START Given entries

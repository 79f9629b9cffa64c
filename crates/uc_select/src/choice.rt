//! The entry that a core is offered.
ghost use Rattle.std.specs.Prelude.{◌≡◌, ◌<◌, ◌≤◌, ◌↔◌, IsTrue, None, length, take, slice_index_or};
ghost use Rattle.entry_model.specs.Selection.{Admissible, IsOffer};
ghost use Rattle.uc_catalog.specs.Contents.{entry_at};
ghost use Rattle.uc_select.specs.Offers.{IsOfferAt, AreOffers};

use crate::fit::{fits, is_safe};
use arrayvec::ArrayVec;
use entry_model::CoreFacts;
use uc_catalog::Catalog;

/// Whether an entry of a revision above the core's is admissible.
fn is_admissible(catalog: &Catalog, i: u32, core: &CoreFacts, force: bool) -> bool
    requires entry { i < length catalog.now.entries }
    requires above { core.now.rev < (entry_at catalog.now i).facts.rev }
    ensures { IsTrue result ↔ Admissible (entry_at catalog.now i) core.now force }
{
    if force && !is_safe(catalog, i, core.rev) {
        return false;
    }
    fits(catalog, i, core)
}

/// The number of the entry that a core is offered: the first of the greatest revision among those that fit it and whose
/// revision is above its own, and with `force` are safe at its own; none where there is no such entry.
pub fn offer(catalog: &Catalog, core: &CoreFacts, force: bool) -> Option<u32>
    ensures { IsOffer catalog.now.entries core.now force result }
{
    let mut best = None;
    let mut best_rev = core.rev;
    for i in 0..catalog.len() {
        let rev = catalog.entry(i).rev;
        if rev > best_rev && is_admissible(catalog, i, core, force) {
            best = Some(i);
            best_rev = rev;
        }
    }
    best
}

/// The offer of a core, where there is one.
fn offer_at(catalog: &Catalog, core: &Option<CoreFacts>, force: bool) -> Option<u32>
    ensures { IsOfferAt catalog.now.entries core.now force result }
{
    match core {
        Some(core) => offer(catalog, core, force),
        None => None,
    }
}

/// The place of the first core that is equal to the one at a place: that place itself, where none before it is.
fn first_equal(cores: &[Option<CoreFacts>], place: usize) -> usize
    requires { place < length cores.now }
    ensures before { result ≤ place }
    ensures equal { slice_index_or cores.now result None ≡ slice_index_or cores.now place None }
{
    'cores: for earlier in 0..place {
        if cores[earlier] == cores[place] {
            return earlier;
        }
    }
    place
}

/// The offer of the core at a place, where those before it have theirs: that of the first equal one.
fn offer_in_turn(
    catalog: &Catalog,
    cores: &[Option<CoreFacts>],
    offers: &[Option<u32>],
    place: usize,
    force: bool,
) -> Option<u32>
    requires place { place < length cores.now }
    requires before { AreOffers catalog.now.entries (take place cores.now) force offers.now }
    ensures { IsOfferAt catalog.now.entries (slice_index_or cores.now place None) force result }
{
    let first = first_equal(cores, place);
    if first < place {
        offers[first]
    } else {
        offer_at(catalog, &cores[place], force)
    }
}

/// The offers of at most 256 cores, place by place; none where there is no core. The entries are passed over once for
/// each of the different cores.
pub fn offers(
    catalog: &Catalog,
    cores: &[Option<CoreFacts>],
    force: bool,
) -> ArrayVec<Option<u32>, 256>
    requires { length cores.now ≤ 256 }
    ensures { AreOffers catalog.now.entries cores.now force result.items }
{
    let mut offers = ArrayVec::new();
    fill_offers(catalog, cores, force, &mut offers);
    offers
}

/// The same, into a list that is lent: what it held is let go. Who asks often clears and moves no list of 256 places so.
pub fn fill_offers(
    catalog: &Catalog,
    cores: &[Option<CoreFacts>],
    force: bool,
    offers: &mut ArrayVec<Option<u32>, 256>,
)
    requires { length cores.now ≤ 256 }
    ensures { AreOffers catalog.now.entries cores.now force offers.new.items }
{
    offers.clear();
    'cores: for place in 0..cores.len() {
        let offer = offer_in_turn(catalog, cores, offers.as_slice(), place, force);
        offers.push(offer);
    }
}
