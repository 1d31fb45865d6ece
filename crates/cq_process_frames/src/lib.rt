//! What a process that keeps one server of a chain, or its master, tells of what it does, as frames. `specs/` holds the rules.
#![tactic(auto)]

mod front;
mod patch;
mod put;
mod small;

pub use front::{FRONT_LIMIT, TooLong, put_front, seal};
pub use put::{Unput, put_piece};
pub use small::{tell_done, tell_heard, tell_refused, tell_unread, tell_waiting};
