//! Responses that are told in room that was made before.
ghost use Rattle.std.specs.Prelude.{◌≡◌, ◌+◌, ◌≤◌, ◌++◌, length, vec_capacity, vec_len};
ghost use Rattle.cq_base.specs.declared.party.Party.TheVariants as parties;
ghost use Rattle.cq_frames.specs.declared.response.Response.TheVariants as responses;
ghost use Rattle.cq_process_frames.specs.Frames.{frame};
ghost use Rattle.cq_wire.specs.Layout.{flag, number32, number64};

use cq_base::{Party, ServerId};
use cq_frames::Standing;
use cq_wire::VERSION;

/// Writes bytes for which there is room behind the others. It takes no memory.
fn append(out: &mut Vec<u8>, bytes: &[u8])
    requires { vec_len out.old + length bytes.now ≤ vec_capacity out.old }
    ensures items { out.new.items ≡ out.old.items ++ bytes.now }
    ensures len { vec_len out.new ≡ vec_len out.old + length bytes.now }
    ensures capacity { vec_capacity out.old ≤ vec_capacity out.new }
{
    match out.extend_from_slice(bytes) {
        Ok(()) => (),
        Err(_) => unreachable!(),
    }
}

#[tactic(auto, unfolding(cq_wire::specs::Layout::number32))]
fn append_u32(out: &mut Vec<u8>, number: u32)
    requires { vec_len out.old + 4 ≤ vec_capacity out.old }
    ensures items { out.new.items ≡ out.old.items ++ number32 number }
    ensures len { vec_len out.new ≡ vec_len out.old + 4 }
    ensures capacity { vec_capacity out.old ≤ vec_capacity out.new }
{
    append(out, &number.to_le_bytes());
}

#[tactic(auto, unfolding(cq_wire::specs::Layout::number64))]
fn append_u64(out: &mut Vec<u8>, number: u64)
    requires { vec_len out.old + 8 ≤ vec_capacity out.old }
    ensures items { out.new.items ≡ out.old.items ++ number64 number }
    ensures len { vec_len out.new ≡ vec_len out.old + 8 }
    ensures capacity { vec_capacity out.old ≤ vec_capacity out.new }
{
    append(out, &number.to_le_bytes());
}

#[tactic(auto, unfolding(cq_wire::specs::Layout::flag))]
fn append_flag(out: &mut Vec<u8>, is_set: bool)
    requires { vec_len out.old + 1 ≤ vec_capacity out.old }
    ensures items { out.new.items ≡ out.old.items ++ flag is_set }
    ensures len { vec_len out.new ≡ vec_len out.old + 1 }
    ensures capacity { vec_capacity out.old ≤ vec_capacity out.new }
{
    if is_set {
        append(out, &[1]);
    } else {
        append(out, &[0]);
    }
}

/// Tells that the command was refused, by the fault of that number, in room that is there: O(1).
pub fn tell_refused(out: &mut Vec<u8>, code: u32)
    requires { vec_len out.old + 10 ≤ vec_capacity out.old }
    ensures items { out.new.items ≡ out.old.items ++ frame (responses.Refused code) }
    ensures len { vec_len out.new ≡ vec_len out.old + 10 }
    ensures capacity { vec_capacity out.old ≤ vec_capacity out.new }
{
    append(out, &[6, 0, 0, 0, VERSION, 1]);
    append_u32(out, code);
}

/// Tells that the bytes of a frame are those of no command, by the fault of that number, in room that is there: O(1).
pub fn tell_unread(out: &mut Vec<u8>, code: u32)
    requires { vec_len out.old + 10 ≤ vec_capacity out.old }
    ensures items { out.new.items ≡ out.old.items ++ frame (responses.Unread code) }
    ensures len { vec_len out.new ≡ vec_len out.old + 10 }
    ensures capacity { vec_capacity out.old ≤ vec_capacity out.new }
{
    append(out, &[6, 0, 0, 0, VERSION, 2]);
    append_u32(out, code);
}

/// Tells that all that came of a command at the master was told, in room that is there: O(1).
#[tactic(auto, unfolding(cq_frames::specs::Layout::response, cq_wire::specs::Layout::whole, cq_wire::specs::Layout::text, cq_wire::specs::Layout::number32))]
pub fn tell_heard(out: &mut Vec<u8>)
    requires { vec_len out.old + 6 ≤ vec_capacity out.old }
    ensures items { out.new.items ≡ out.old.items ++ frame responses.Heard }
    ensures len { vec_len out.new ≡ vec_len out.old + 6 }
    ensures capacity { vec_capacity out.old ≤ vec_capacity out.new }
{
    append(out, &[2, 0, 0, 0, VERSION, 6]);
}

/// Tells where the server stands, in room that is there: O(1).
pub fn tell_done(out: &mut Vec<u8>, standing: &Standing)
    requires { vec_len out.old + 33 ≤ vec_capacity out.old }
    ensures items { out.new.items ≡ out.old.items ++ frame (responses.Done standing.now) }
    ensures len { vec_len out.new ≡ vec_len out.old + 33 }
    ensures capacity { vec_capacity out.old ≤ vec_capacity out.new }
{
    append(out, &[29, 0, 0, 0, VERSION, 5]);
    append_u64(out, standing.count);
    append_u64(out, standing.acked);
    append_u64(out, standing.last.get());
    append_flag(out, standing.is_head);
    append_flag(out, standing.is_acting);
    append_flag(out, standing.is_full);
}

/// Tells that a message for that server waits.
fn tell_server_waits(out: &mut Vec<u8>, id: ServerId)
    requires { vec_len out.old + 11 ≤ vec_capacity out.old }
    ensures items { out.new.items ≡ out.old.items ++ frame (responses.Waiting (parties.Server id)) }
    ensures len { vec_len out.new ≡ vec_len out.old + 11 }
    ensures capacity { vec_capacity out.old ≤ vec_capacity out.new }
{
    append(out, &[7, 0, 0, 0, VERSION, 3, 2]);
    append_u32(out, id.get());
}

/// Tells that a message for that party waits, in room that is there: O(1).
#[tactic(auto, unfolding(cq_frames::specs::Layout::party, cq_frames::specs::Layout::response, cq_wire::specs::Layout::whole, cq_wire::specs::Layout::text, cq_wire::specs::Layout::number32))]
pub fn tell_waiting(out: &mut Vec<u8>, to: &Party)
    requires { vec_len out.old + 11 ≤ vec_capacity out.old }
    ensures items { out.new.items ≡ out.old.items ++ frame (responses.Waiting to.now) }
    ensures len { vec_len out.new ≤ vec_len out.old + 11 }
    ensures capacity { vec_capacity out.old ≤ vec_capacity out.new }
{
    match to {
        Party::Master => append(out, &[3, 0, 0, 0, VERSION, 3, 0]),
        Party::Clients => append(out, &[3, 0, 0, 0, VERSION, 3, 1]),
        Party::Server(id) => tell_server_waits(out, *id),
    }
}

END Given entries

__Work request__
Scan the material for "revision" and copy the lines that hold it.

__Response to this exercise__
/// Whether an entry of a revision above the core's is admissible.
/// The number of the entry that a core is offered: the first of the greatest revision among those that fit it and whose
/// revision is above its own, and with `force` are safe at its own; none where there is no such entry.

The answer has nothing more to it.